Roth IRA vs. IRA

Roth IRA vs. Ira regular are the two of the most popular forms of Individual Retirement Accounts they both have their share of advantages and disadvantages and it is always good to examine them before taking the decision for which form of retirement planning invest in. when we compare Roth IRA vs. IRA generally traditional IRA and Roth IRA contribution limits are the same. So, in this debate on Roth IRA vs. traditional IRA, only the salient features of both these types of retirement plans differ and the owner can be able to choose the plan which is best suited for their individual financial needs and goals. The biggest factor in the Roth IRA vs. IRA regular debate is the tax treatment for both these forms of retirement accounts.

IRA

The traditional IRA works on a simple principle that when the money goes into the retirement account the owner can have a tax deduction for that amount for example if the owner makes $20,000 for the year and he/she contributes $2,000 for the year and the taxable income of the owner for the year comes to $18,000 just as any other deductions as applicable.
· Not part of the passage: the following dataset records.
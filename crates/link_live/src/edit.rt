//! What a command of a live script does to the state that a client is shown.

ghost use Rattle.std.specs.Prelude.{◌≡◌};
ghost use Rattle.lk_base.specs.Ranges.{IsMoment, IsQuantum, IsWithinLimit};
ghost use Rattle.lk_base.specs.Timeline.{IsTidy};
ghost use Rattle.client_state.specs.Commit.{IsTidyCommit};
ghost use Rattle.client_state.specs.State.{IsTidyState};
ghost use Rattle.link_script.specs.LiveScript.{IsAct};
ghost use Rattle.link_live.specs.Clients.{edited_of, commit_of_act};

use client_state::{Commit, State};
use link_script::Act;
use link_shared::Capture;

/// The commit of an act at a moment: what it changes of the captured and of the shown state. Waits: no. Memory: none.
#[tactic(auto, unfolding(crate::specs::Clients::commit_of_act))]
pub fn commit_of(act: Act, at: i64, capture: &Capture) -> Commit
    requires act { IsAct act }
    requires moment { IsMoment at }
    requires tidy { IsTidyState capture.now.shown }
    ensures value { result ≡ commit_of_act act at capture.now }
    ensures tidy { IsTidyCommit result }
{
    let mut edited = capture.shown;
    edit(&mut edited, act, at);
    Commit::between(&capture.state, &capture.shown, &edited, at)
}

// Makes of a state what the act makes of it at a moment. Beats go by the state's own quantum.
#[tactic(auto, unfolding(crate::specs::Clients::edited_of))]
fn edit(state: &mut State, act: Act, at: i64)
    requires act { IsAct act }
    requires moment { IsMoment at }
    requires tidy { IsTidyState state.old }
    ensures value { state.new ≡ edited_of act at state.old }
    ensures tidy { IsTidy state.new.timeline }
    ensures start { IsWithinLimit state.new.start.time }
    ensures quantum { IsQuantum state.new.quantum }
{
    match act {
        Act::Tempo(mpb) => state.set_tempo(mpb, at),
        Act::Force(beat) => state.force_beat(beat, at, state.quantum),
        Act::Request(beat) => state.request_beat(beat, at, state.quantum),
        Act::Quantum(quantum) => state.set_quantum(quantum),
        Act::Play => state.set_playing(true, at),
        Act::Stop => state.set_playing(false, at),
        Act::Look => {}
    }
}
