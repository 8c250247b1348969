//! The state word, which says which row is handed over: 8 * number + 4 * fresh + back.
ghost use Rattle.std.specs.Prelude.{◌≡◌, ◌+◌, ◌*◌, ◌^◌, ◌<◌, ◌↔◌, if◌then◌else◌, IsTrue};
ghost use Rattle.triple_buffer.specs.Word.{number_in, fresh_in, back_in, word_of};

/// The state word, field by field.
#[derive(Clone, Copy)]
pub struct StateWord {
    /// The number of the row in `back`, below 2^60.
    pub number: u64,
    /// Whether the reader hasn't had that row yet.
    pub fresh: bool,
    /// Which of the three rows is handed over, 0 to 2.
    pub back: usize,
}

impl StateWord {
    pub fn pack(self) -> u64
        requires number { self.number < 2 ^ 60 }
        requires back { self.back < 3 }
        ensures { result ≡ word_of self.number (if self.fresh then 1 else 0) self.back }
    {
        8 * self.number + if self.fresh { 4 } else { 0 } + self.back as u64
    }

    pub fn unpack(word: u64) -> StateWord
        ensures number { result.number ≡ number_in word }
        ensures fresh { IsTrue result.fresh ↔ (fresh_in word ≡ 1) }
        ensures back { result.back ≡ back_in word }
    {
        StateWord {
            number: word / 8,
            fresh: word / 4 % 2 == 1,
            back: (word % 4) as usize,
        }
    }
}
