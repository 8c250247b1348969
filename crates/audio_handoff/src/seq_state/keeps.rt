//! That each step of the cell keeps its rule: functions that do nothing, whose facts the steps need.
ghost use Rattle.std.specs.Prelude.{◌≡◌, ◌^◌, ◌<◌, [], ◌∷◌, length};
ghost use Rattle.crossbeam_utils.specs.Register.{Turns, Forks, Merges};
ghost use Rattle.crossbeam_utils.specs.Seq.{cell_view};
ghost use Rattle.audio_handoff.specs.SeqRule.{Kept, Opened, Published, WasRead, Checked, Ended, rows_in, reader_in, note_in, number_of, parted_left, parted_right, told_both, settled_both};
ghost use Rattle.audio_handoff.specs.declared.seq_state.plays.Known.TheVariants.{Blank, Both, Writes, Reads, Notes, Spent};

use super::plays::Known;
use crossbeam_utils::atomic::seq_cell::Pass;

/// The rule holds before the opening row.
pub(super) fn may_begin<const W: usize>(words: &[u64; 16])
    requires { length words.now ≡ 16 }
    ensures { Kept W words.now (Blank ∷ []) }
{}

/// The opening row may be stored.
pub(super) fn may_open<const W: usize>(pass: &Pass<[u64; 16], Known>, words: &[u64; 16])
    requires blank { cell_view pass.now ≡ Blank }
    requires length { length words.now ≡ 16 }
    requires number { number_of words.now ≡ 0 }
    ensures { Turns (Kept W) pass.now.id (cell_view pass.now) (λ _. words.now) (Opened W) }
{}

/// The two ends may be parted.
pub(super) fn may_part<const W: usize>(pass: &Pass<[u64; 16], Known>)
    requires { cell_view pass.now ≡ Both (rows_in (cell_view pass.now)) (reader_in (cell_view pass.now)) }
    ensures { Forks (Kept W) pass.now.id (cell_view pass.now) (parted_left (cell_view pass.now)) (parted_right (cell_view pass.now)) }
{}

/// The next row may be stored.
pub(super) fn may_publish<const W: usize>(pass: &Pass<[u64; 16], Known>, words: &[u64; 16])
    requires writer { cell_view pass.now ≡ Writes (rows_in (cell_view pass.now)) }
    requires room { length (rows_in (cell_view pass.now)) < 2 ^ 60 }
    requires length { length words.now ≡ 16 }
    requires number { number_of words.now ≡ length (rows_in (cell_view pass.now)) }
    ensures { Turns (Kept W) pass.now.id (cell_view pass.now) (λ _. words.now) (Published W) }
{}

/// The row may be read.
pub(super) fn may_read<const W: usize>(pass: &Pass<[u64; 16], Known>)
    requires { cell_view pass.now ≡ Reads (reader_in (cell_view pass.now)) }
    ensures { Turns (Kept W) pass.now.id (cell_view pass.now) (λ x. x) (WasRead W) }
{}

/// All that a note knows may go to a new pass.
pub(super) fn may_move_note<const W: usize>(pass: &Pass<[u64; 16], Known>)
    requires { cell_view pass.now ≡ Notes (note_in (cell_view pass.now)) }
    ensures { Forks (Kept W) pass.now.id (cell_view pass.now) Spent (cell_view pass.now) }
{}

/// All that a reader knows may go to a new pass.
pub(super) fn may_move_reader<const W: usize>(pass: &Pass<[u64; 16], Known>)
    requires { cell_view pass.now ≡ Reads (reader_in (cell_view pass.now)) }
    ensures { Forks (Kept W) pass.now.id (cell_view pass.now) Spent (cell_view pass.now) }
{}

/// The reader may take in a note.
pub(super) fn may_tell<const W: usize>(pass: &Pass<[u64; 16], Known>, note: &Pass<[u64; 16], Known>)
    requires reader { cell_view pass.now ≡ Reads (reader_in (cell_view pass.now)) }
    requires note { cell_view note.now ≡ Notes (note_in (cell_view note.now)) }
    ensures { Merges (Kept W) pass.now.id (cell_view pass.now) note.now.id (cell_view note.now) (told_both (cell_view pass.now) (cell_view note.now)) Spent }
{}

/// The reader may look after a join.
pub(super) fn may_check<const W: usize>(pass: &Pass<[u64; 16], Known>)
    requires { cell_view pass.now ≡ Reads (reader_in (cell_view pass.now)) }
    ensures { Turns (Kept W) pass.now.id (cell_view pass.now) (λ x. x) Checked }
{}

/// The writer may take in the reader.
pub(super) fn may_settle<const W: usize>(
    pass: &Pass<[u64; 16], Known>,
    reader: &Pass<[u64; 16], Known>,
)
    requires writer { cell_view pass.now ≡ Writes (rows_in (cell_view pass.now)) }
    requires reader { cell_view reader.now ≡ Reads (reader_in (cell_view reader.now)) }
    ensures { Merges (Kept W) pass.now.id (cell_view pass.now) reader.now.id (cell_view reader.now) (settled_both (cell_view pass.now) (cell_view reader.now)) Spent }
{}

/// The last row may be loaded.
pub(super) fn may_end<const W: usize>(pass: &Pass<[u64; 16], Known>)
    requires { cell_view pass.now ≡ Both (rows_in (cell_view pass.now)) (reader_in (cell_view pass.now)) }
    ensures { Turns (Kept W) pass.now.id (cell_view pass.now) (λ x. x) (Ended W) }
{}
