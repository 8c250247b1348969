//! A cell whose calls never wait: three rows of words, of which the writer has one, the reader has one, and one is
//! handed over by a swap of the state word.
//!
//! In reading order: `word`, `views`, `plays`, `tokens`, `triple`, and of its calls `steps`,
//! `settle`.
#![tactic(auto)]

mod plays;
mod tokens;
mod triple;
mod views;
mod word;

pub use tokens::{TripleNote, TripleReader, TripleWriter};
pub use triple::{Triple, triple_tells_its_steps};
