//! Every kind of atomic step, and what it tells the seat that takes it.
//!
//! Each raises the steps of the seat that takes it by one. No view changes but that seat's, and at a join the one of
//! the seat that is taken in.
ghost use Rattle.std.specs.Prelude.{ℕ};
ghost use Rattle.triple_buffer.specs.declared.views.View.TheVariants.{Opens, Spent};
ghost use Rattle.triple_buffer.specs.Rule.{Kept};
ghost use Rattle.triple_buffer.specs.Steps.{Stored, Shown, Looked, Turned, Loaded, Finished, Checked};
ghost use Rattle.triple_buffer.specs.Views.{opened_left, opened_right, noted_left, noted_right, told_both, settled_both};

use crate::views::View;
use atomic_table::{Join, Play, Split, TableRule};

/// The rule of the three rows. The table is told the opening row.
pub struct ThreeRows;

impl<const W: usize> TableRule<(), View, [u64; W]> for ThreeRows {
    ghost holds = { Kept };

    ghost first = { Opens };
}

/// The opening split: the first seat becomes the writer, and the new one is the reader.
pub struct Open;

impl Split<View> for Open {
    ghost left = { opened_left };

    ghost right = { opened_right };
}

/// The writer stores a word into its row.
pub struct Store;

impl Play<(), View> for Store {
    ghost then = { Stored };
}

/// The writer swaps the state word: its row is handed over, and the old back row is its own.
pub struct Show;

impl Play<(), View> for Show {
    ghost then = { Shown };
}

/// The reader loads the state word.
pub struct Look;

impl Play<(), View> for Look {
    ghost then = { Looked };
}

/// The reader swaps the state word, having found it fresh: the old back row is its own.
pub struct Turn;

impl Play<(), View> for Turn {
    ghost then = { Turned };
}

/// The reader loads a word of its row.
pub struct Load;

impl Play<(), View> for Load {
    ghost then = { Loaded };
}

/// The reader loads the last word of its row, which ends the read.
pub struct LastLoad;

impl Play<(), View> for LastLoad {
    ghost then = { Finished };
}

/// A seat is split for a note: the writer's, the reader's outside a read, or a note's.
pub struct Note;

impl Split<View> for Note {
    ghost left = { noted_left };

    ghost right = { noted_right };
}

/// The reader takes in a note, outside a read.
pub struct Tell;

impl Join<View> for Tell {
    ghost both = { told_both };

    ghost spent = { Spent };
}

/// The reader loads the state word after a join: what the note's maker had read, it has read.
pub struct Check;

impl Play<(), View> for Check {
    ghost then = { Checked };
}

/// The writer takes in the reader, at the end.
pub struct Settle;

impl Join<View> for Settle {
    ghost both = { settled_both };

    ghost spent = { Spent };
}
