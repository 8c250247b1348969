//! The one call that runs a node.

ghost use Rattle.std.specs.Prelude.{◌≡◌, ◌≤◌, [], true, false, None, length, map, IfOk, IsErr};
ghost use Rattle.lk_base.specs.Ranges.{IsMoment};
ghost use Rattle.lk_outside.specs.Faults.{Rose};
ghost use Rattle.link_node.specs.Config.{config_value, gate_value, IsConfig};
ghost use Rattle.link_node.specs.Event.{event_value};
ghost use Rattle.link_node.specs.Runs.{AreFitting};
ghost use Rattle.link_shared.specs.Audio.{AudioView};
ghost use Rattle.link_shared.specs.Passes.{AppView};
ghost use Rattle.link_live.specs.Headline.{new_audio};
ghost use Rattle.link_live.specs.Network.{locals_of};
ghost use Rattle.link_live.specs.NodeRun.{ArePartsOf, IsNodeRun, new_app};

use crate::network::{post, run_laws};
use crate::side::{AppSide, AudioSide, run_beside};
use arrayvec::ArrayVec;
use client_state::State;
use link_node::{
    Config, Event, GateSetup, Sends, best_timelines_are_told, clients_follow_sessions,
    datagrams_go_out_on_gates,
};
use link_shared::{Link, LinkName, Opened, Parts};
use lk_base::Endpoint;
use lk_outside::{Bound, Port};
use std::alloc::{AllocError, Global};
use std::marker::Brand;
use std::sync::Wait;
use std::thread::Threads;
use triple_buffer::Triple;

/// What a run of a node leaves.
#[derive(Drop)]
pub struct NodeRun<X, Y> {
    /// How the audio thread's side ended, and the application's.
    pub audio: X,
    pub app: Y,
    /// No gate was bound, or a call of the port failed.
    pub failed: bool,
    /// An event found no room in the journal.
    pub full: bool,
    /// The journal: each event that the node took, in order.
    pub events: Vec<Event>,
    /// Each state that it published, the opening's first.
    pub published: Vec<State>,
}

/// Runs a node, which is opened with a config at a moment and whose journal takes so many events: binds the port to the config's gates, and
/// runs the network's loop beside two sides. One has the audio thread's pass and a device, the other the application's pass and two; `Idle`
/// stands for a side that a program hasn't. Once both have ended, the loop is asked to end, also where a side has asked before. Then the
/// node says goodbye.
///
/// The error is want of memory; then no device was called, and no side begun.
///
/// Waits: for the threads, in the port and in the sides. Memory: before the threads begin, all that the node needs; then the sides'.
pub fn run_node<
    P: Port + Send,
    A: AudioSide<R, D> + Send,
    D: Send,
    B: AppSide<R, E, F> + Send,
    E: Send,
    F: Send,
    R: Threads + Wait + Sync,
>(
    rt: &R,
    alloc: Global,
    config: &Config,
    opened_at: i64,
    events: u64,
    port: &mut P,
    audio: &mut A,
    device: &mut D,
    app: &mut B,
    first: &mut E,
    second: &mut F,
) -> Result<NodeRun<A::End, B::End>, AllocError>
    requires config { IsConfig (config_value config.now) }
    requires opening { IsMoment opened_at }
    requires events { (1 ≤ events) × (events ≤ 524_288) }
    requires audio { A.starts audio.old new_audio device.old }
    requires app { B.starts app.old new_app first.old second.old }
    ensures run { IfOk result (λ run. (pass : AudioView) × (own : AppView)
        × A.runs audio.old audio.new new_audio pass device.old device.new run.audio
        × B.runs app.old app.new new_app own first.old first.new second.old second.new run.app
        × IsNodeRun (config_value config.now) opened_at events run.failed run.full (P.seen port.old) (P.seen port.new)
        pass own (map event_value run.events.items) run.published.items) }
    ensures fitting { IfOk result (λ run. AreFitting (length (config_value config.now).gates) 0 0 (map event_value run.events.items)) }
    ensures untouched { IsErr result → (port.new ≡ port.old) × (audio.new ≡ audio.old) × (device.new ≡ device.old) × (app.new ≡ app.old)
        × (first.new ≡ first.old) × (second.new ≡ second.old) }
{
    let sends = Sends::new(alloc)?;
    let parts = Parts::<Triple<11>>::new(rt, alloc, &(), config, opened_at, events)?;
    Ok(run_parts::<Brand, P, A, D, B, E, F, R>(
        rt, parts, config, sends, port, audio, device, app, first, second,
    ))
}

// Runs the node of these parts. Waits: for the threads, in the port and in the sides. Memory: the sides'.
fn run_parts<
    N: LinkName + Send + Sync,
    P: Port + Send,
    A: AudioSide<R, D> + Send,
    D: Send,
    B: AppSide<R, E, F> + Send,
    E: Send,
    F: Send,
    R: Threads + Wait + Sync,
>(
    rt: &R,
    parts: Parts<Triple<11>>,
    config: &Config,
    mut sends: Sends,
    port: &mut P,
    audio: &mut A,
    device: &mut D,
    app: &mut B,
    first: &mut E,
    second: &mut F,
) -> NodeRun<A::End, B::End>
    requires link { ArePartsOf N.app_states N.audio_states N.audio_commits N.queue N.name N.parts N.whole parts }
    requires config { (parts.config ≡ config_value config.now) × IsConfig parts.config }
    requires opening { IsMoment parts.opened_at }
    requires audio { A.starts audio.old new_audio device.old }
    requires app { B.starts app.old new_app first.old second.old }
    ensures run { (pass : AudioView) × (own : AppView)
        × A.runs audio.old audio.new new_audio pass device.old device.new result.audio
        × B.runs app.old app.new new_app own first.old first.new second.old second.new result.app
        × IsNodeRun parts.config parts.opened_at parts.most result.failed result.full (P.seen port.old) (P.seen port.new)
        pass own (map event_value result.events.items) result.published.items }
    ensures fitting { AreFitting (length parts.config.gates) 0 0 (map event_value result.events.items) }
{
    // Laws, for the proof.
    run_laws();
    best_timelines_are_told();
    clients_follow_sessions();
    datagrams_go_out_on_gates();
    let Opened {
        link,
        mut hub,
        audio: mut audio_pass,
        app: mut app_pass,
    } = Link::<Triple<11>, N>::make(parts);
    let bound = bind(port, config);
    let (net, ends) = run_beside(
        rt,
        &link,
        &mut hub,
        port,
        bound,
        &mut sends,
        audio,
        &mut audio_pass,
        device,
        app,
        &mut app_pass,
        first,
        second,
    );
    hub.hand_in(app_pass);
    let ended = hub.last_turn(rt, link, &(), audio_pass, net.clock, &mut sends);
    let failed = post(port, sends.list(), net.failed);
    NodeRun {
        audio: ends.0,
        app: ends.1,
        failed,
        full: ended.full,
        events: ended.events,
        published: ended.published,
    }
}

/// Binds the config's gates. Answers whether the port did. Waits: in the port. Memory: none.
pub fn bind<P: Port>(port: &mut P, config: &Config) -> bool
    requires config { IsConfig (config_value config.now) }
    ensures gates { result ≡ true → (P.seen port.new).gates ≡ locals_of (config_value config.now) }
    ensures works { result ≡ true → (P.seen port.new).faults ≡ (P.seen port.old).faults }
    ensures fails { result ≡ false → Rose (P.seen port.old).faults (P.seen port.new).faults }
    ensures contents { (P.seen port.new).told ≡ (P.seen port.old).told }
{
    match port.bind(&locals(&config.gates)) {
        Bound::Ready => true,
        Bound::Failed => false,
    }
}

/// The local endpoints of gates. Memory: none.
pub fn locals(gates: &ArrayVec<GateSetup, 4>) -> ArrayVec<Endpoint, 4>
    ensures { result.items ≡ map (λ gate. gate.local) (map gate_value gates.now.items) }
{
    let mut locals = ArrayVec::new();
    for gate in gates.as_slice() {
        locals.push(gate.local);
    }
    locals
}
On the other hand, when the owners withdraw money from the IRA that is after the age of 59 and a half, then every withdrawal will be taxed according to the tax rate at the time of withdrawal.The other very important details of the traditional IRA is that the owners have to withdraw all the money before the age of 70 and a half years and if the withdrawals are done prior to the age of 59 and a half then the owner will have to pay the penalty for early IRA withdrawal of 10% of the withdrawn amount.

Roth IRA

The second type of retirement plan is the Roth IRA the only difference between the Roth IRA vs. IRA is largely restricted to the difference between their tax implications. A person with Roth IRA retirement plan has to pay tax on the entire amount which he earns, irrespective of the amount of contribution to the account. Contributions to the Roth IRA are not tax deductible. So in case of earlier example the owner has to pay tax on the entire amount of $ 20,000 without any further deductions. More over the withdrawals are allowed ant time if required there is no mandatory age limit for withdrawals and if required the account can be maintained for life. The Roth Ira can be opened in a joint ownership with the spouse the only condition required to be fulfilled is that the owners must have filled the income tax return jointly. Any withdrawal from the Roth IRA account is tax free as the owner has paid the tax on it before and now it’s all free of tax.

In this debate Roth IRA vs. IRA. While there are some other minor differences, the main one is related to the treatment of tax. So, the owner need to consider the individual requirements and choose the one which is best suited to the needs.